更西边,越过浩渺的孟加拉湾,是印度,是加尔各答。
是英国人经营了一百七十五年,王冠上最耀眼的那颗宝石。
海风带着咸腥,混着淡淡的硝烟味,吹动他额前的黑发。
笔挺的军装下摆,也被风轻轻掀起,猎猎作响。
他抬起手,掌心向上。
似乎想握住那轮坠向海平线的残阳,又似乎,只是在感受海风从指缝间流过的力度。
身后,传来沉稳的脚步声。
李卫快步上前,立正,敬礼,声音里充满了前所未有的激昂与坚定:
“总司令,全舰队补给完毕,官兵休整结束,随时可以启航!”
陈树坤没有回头。
他依旧望着西边海天相接的地方。
那里,最后一缕金红色的霞光,正被翻涌的黑暗慢慢吞没。
而在那片黑暗的尽头,是更广阔、更未知的世界,是加尔各答的灯火,是英国人百年殖民的根基。

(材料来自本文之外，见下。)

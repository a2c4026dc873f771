// The kept rows by columns, and the elimination in a row that has a residue for each column.
ghost use Rattle.std.specs.Prelude.{◌≡◌, ◌<◌, ◌≤◌, ◌^◌, [], length, IfOk, IfSome, IfNone, IsTrue, OnOk, slice_get, Some};
ghost use Rattle.row_echelon.specs.KeptRows.{IsEchelon, reduced_rows, NoPivot, by_place};
ghost use Rattle.row_echelon.specs.Columns.{integral_at, named, FitsColumns, IsZeroRow, ColumnsEliminated};
ghost use Rattle.row_echelon.specs.Tables.{AnyTable};

use crate::columns::Columns;
use crate::dense_row::DenseRow;
use crate::kept::Kept;
use ibp_base::{List, NoMemory};
use ibp_field::Residue;
use indexmap::IndexMap;
use sector_lattice::Integral;
use sparse_rows::Row;
use std::alloc::Global;

/// Columns, the kept rows by their numbers, and a row of zeros for the work.
#[derive(Drop)]
pub struct Table {
    pub columns: Columns,
    pub rows: Vec<List<(u32, Residue)>>,
    pub work: DenseRow,
}

/// What is left of a row by columns, and the multiples that were subtracted, by the places of the kept rows.
#[derive(Drop)]
pub struct ByColumns {
    pub terms: Vec<(u32, Residue)>,
    pub steps: Vec<(u32, Residue)>,
}

impl Table {
    /// The columns of these rows, where no row is kept. `None` where they are too many to have numbers.
    pub fn over(alloc: Global, rows: &[&Row]) -> Result<Option<Table>, NoMemory>
        ensures { IfOk result (λ found. AnyTable found []) }
    {
        match Columns::over(alloc, rows)? {
            None => Ok(None),
            Some(columns) => {
                let count = columns.count();
                Ok(Some(Table {
                    columns,
                    rows: Vec::new(alloc),
                    work: DenseRow::zero(alloc, count)?,
                }))
            }
        }
    }
}

// Whether a lead is looked for: at each column, or until the first term is found.
fn looks(whole: bool, terms: &[(u32, Residue)]) -> bool
    ensures whole { IsTrue whole → IsTrue result }
    ensures first { terms.now ≡ [] → IsTrue result }
{
    whole || terms.is_empty()
}

// The kept row with its lead at a column, where one is looked for.
fn pivot_of<'a>(
    kept: &'a IndexMap<Integral, Kept>,
    integral: &Integral,
    look: bool,
) -> Option<(u32, &'a Kept)>
    requires { length kept.now.entries ≤ 2 ^ 32 }
    ensures none { IfNone result (IsTrue look → NoPivot kept.now.entries integral.now) }
    ensures found { IfSome result (λ found. slice_get kept.now.entries found.0 ≡ Some (integral.now, found.1.now)) }
{
    if look {
        let (place, _, row) = kept.get_full(integral)?;
        return Some((place as u32, row));
    }
    None
}

/// Subtracts multiples of the kept rows from the row in `work`, column by column. Where the whole row is
/// wanted, no integral of what is left is a lead of a kept row; else its lead is none.
pub fn eliminate_columns(
    alloc: Global,
    kept: &IndexMap<Integral, Kept>,
    columns: &Columns,
    rows: &[List<(u32, Residue)>],
    work: &mut DenseRow,
    whole: bool,
) -> Result<ByColumns, NoMemory>
    requires echelon { IsEchelon kept.now.entries }
    requires fits { FitsColumns columns.now rows.now (reduced_rows kept.now.entries) }
    requires long { length work.old ≡ length columns.now }
    ensures left { IfOk result (λ left. ColumnsEliminated kept.now.entries columns.now whole (named columns.now (by_place 0 work.old)) left.terms.items left.steps.items) }
    ensures zero { OnOk result (IsZeroRow work.new) }
    ensures long { OnOk result (length work.new ≡ length work.old) }
{
    let mut left = ByColumns {
        terms: Vec::new(alloc),
        steps: Vec::new(alloc),
    };
    let mut at = 0;
    let _few = columns.count();
    while let Some(found) = work.next(at) {
        at = found.0 + 1;
        let integral = columns.integral(found.0);
        match pivot_of(kept, &integral, looks(whole, &left.terms)) {
            Some((place, row)) => {
                let factor = found.1.mul(row.inverse);
                work.add_multiple(factor.neg(), rows[place as usize].as_slice());
                left.steps.push((place, factor))?;
            }
            None => {
                work.clear(found.0);
                left.terms.push((found.0 as u32, found.1))?;
            }
        }
    }
    work.unmark();
    Ok(left)
}
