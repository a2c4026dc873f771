// The elimination of the leads of kept rows from a row.
ghost use Rattle.std.specs.Prelude.{◌≡◌, ◌<◌, ◌≤◌, ◌^◌, [], ◌∷◌, ◌++◌, length, IfOk, IfSome, IfNone, slice_get, Some, OnOk, OnErr};
ghost use Rattle.ibp_field.specs.Arithmetic.{mul_mod, neg_mod};
ghost use Rattle.ibp_algebra.specs.FormalSum.{AllKeys, IsCanonical, scale};
ghost use Rattle.sector_lattice.specs.Sectors.{integral_cmp};
ghost use Rattle.ibp_algebra.specs.Combination.{combination};
ghost use Rattle.ibp_algebra.specs.Spans.{row_at};
ghost use Rattle.sparse_rows.specs.Rows.{SameRow};
ghost use Rattle.row_echelon.specs.KeptRows.{IsEchelon, IsUntouched, reduced_rows, NoPivot};

use crate::kept::Kept;
use ibp_base::NoMemory;
use ibp_field::Residue;
use indexmap::IndexMap;
use sector_lattice::Integral;
use sparse_rows::Row;
use std::alloc::Global;

/// What is left of a row, and the multiples that were subtracted, by the places of the kept rows.
#[derive(Drop)]
pub struct Eliminated {
    pub rest: Row,
    pub steps: Vec<(u32, Residue)>,
}

/// A term at which a kept row has its lead.
#[derive(Drop)]
pub struct Found<'a> {
    pub at: usize,
    pub term: (Integral, Residue),
    pub place: u32,
    pub kept: &'a Kept,
}

impl Eliminated {
    // The whole row is left.
    fn start(alloc: Global, row: &Row) -> Result<Eliminated, NoMemory>
        ensures rest { IfOk result (λ left. left.rest ≡ row.now) }
        ensures steps { IfOk result (λ left. left.steps.items ≡ []) }
        ensures canonical { IfOk result (λ left. IsCanonical integral_cmp left.rest) }
    {
        Ok(Eliminated {
            rest: row.copy(alloc)?,
            steps: Vec::new(alloc),
        })
    }

    // Subtracts the multiple of the found row that clears the term.
    fn subtract(&mut self, alloc: Global, found: &Found<'_>) -> Result<(), NoMemory>
        ensures rest { OnOk result (SameRow self.new.rest (self.old.rest ++ scale (neg_mod (mul_mod found.now.term.1 found.now.kept.now.inverse)) found.now.kept.now.reduced)) }
        ensures steps { OnOk result (self.new.steps.items ≡ self.old.steps.items ++ (found.now.place, mul_mod found.now.term.1 found.now.kept.now.inverse) ∷ []) }
        ensures canonical { OnOk result (IsCanonical integral_cmp self.new.rest) }
    {
        let factor = found.term.1.mul(found.kept.inverse);
        self.rest = self
            .rest
            .add_multiple(alloc, factor.neg(), &found.kept.reduced)?;
        self.steps.push((found.place, factor))?;
        Ok(())
    }
}

// The term at a place, where it is there and its integral is the lead of a kept row.
fn pivot_at<'a>(kept: &'a IndexMap<Integral, Kept>, work: &Row, at: usize) -> Option<Found<'a>>
    requires { length kept.now.entries ≤ 2 ^ 32 }
    ensures none { IfNone result (IfSome (slice_get work.now at) (λ term. NoPivot kept.now.entries term.0)) }
    ensures at { IfSome result (λ found. found.at ≡ at) }
    ensures term { IfSome result (λ found. slice_get work.now found.at ≡ Some found.term) }
    ensures found { IfSome result (λ found. slice_get kept.now.entries found.place ≡ Some (found.term.0, found.kept.now)) }
{
    let term = *work.terms().get(at)?;
    let (place, _, kept) = kept.get_full(&term.0)?;
    Some(Found {
        at,
        term,
        place: place as u32,
        kept,
    })
}

// The first term at or after a place whose integral is the lead of a kept row.
fn next_pivot<'a>(kept: &'a IndexMap<Integral, Kept>, work: &Row, from: usize) -> Option<Found<'a>>
    requires { length kept.now.entries ≤ 2 ^ 32 }
    ensures none { IfNone result (IsUntouched kept.now.entries work.now from (length work.now)) }
    ensures within { IfSome result (λ found. (from ≤ found.at) × (found.at < length work.now)) }
    ensures before { IfSome result (λ found. IsUntouched kept.now.entries work.now from found.at) }
    ensures term { IfSome result (λ found. slice_get work.now found.at ≡ Some found.term) }
    ensures found { IfSome result (λ found. slice_get kept.now.entries found.place ≡ Some (found.term.0, found.kept.now)) }
{
    let mut at = from;
    while at < work.terms().len() {
        if let Some(found) = pivot_at(kept, work, at) {
            return Some(found);
        }
        at += 1;
    }
    None
}

/// Subtracts multiples of kept rows until no integral of what is left is a lead of a kept row.
pub fn eliminate(
    alloc: Global,
    kept: &IndexMap<Integral, Kept>,
    row: &Row,
) -> Result<Eliminated, NoMemory>
    requires { IsEchelon kept.now.entries }
    ensures sum { IfOk result (λ left. SameRow row.now (left.rest ++ combination (row_at (reduced_rows kept.now.entries)) left.steps.items)) }
    ensures places { IfOk result (λ left. AllKeys (λ place. place < length kept.now.entries) left.steps.items) }
    ensures reduced { IfOk result (λ left. AllKeys (NoPivot kept.now.entries) left.rest) }
    ensures canonical { IfOk result (λ left. IsCanonical integral_cmp left.rest) }
{
    let mut left = Eliminated::start(alloc, row)?;
    let mut from = 0;
    while let Some(found) = next_pivot(kept, &left.rest, from) {
        left.subtract(alloc, &found)?;
        from = found.at;
    }
    Ok(left)
}

/// Subtracts multiples of kept rows until the lead of what is left, where something is, is no lead of a kept
/// row. The terms below it stay as they come: to decide whether the row is in the span nothing else is needed.
pub fn eliminate_leads(
    alloc: Global,
    kept: &IndexMap<Integral, Kept>,
    row: &Row,
) -> Result<Eliminated, NoMemory>
    requires { IsEchelon kept.now.entries }
    ensures sum { IfOk result (λ left. SameRow row.now (left.rest ++ combination (row_at (reduced_rows kept.now.entries)) left.steps.items)) }
    ensures places { IfOk result (λ left. AllKeys (λ place. place < length kept.now.entries) left.steps.items) }
    ensures lead { IfOk result (λ left. IfSome (slice_get left.rest 0) (λ term. NoPivot kept.now.entries term.0)) }
    ensures canonical { IfOk result (λ left. IsCanonical integral_cmp left.rest) }
    ensures row { IfOk result (λ left. IsCanonical integral_cmp row.now) }
{
    let mut left = Eliminated::start(alloc, row)?;
    while let Some(found) = pivot_at(kept, &left.rest, 0) {
        left.subtract(alloc, &found)?;
    }
    Ok(left)
}

/// Puts an entry at the end.
pub fn append(
    kept: &mut IndexMap<Integral, Kept>,
    lead: Integral,
    entry: Kept,
) -> Result<(), NoMemory>
    requires { NoPivot kept.old.entries lead }
    ensures ok { OnOk result (kept.new.entries ≡ kept.old.entries ++ (lead, entry) ∷ []) }
    ensures err { OnErr result (kept.new.entries ≡ kept.old.entries) }
{
    kept.insert(lead, entry)?;
    Ok(())
}
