// Rows that are only referred to.
ghost use Rattle.std.specs.Prelude.{◌≡◌, IfOk};
ghost use Rattle.row_echelon.specs.References.{rows_of};

use ibp_base::NoMemory;
use sparse_rows::Row;
use std::alloc::Global;

/// A reference to each row, in their order.
pub fn references<'a>(alloc: Global, rows: &'a [Row]) -> Result<Vec<&'a Row>, NoMemory>
    ensures { IfOk result (λ found. rows_of found.items ≡ rows.now) }
{
    let mut found = Vec::new(alloc);
    for row in rows {
        found.push(row)?;
    }
    Ok(found)
}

他的嘴角,缓缓勾起一抹冷冽的、却仿佛能劈开黑暗的弧度。
仰光,只是开始。
加尔各答的灯火,已在视野的尽头闪烁。
而更远处,新加坡,马六甲,印度洋的波涛,乃至更西方的遥远大陆……
欠了一百年的债,才刚刚开始讨还。
他放下手,转身,迈步走回灯火通明的舰桥。
挺拔的身影,先融入了温暖的光明,随即,也走进了身后那片愈发深沉、却也孕育着无限可能的,铁血长夜。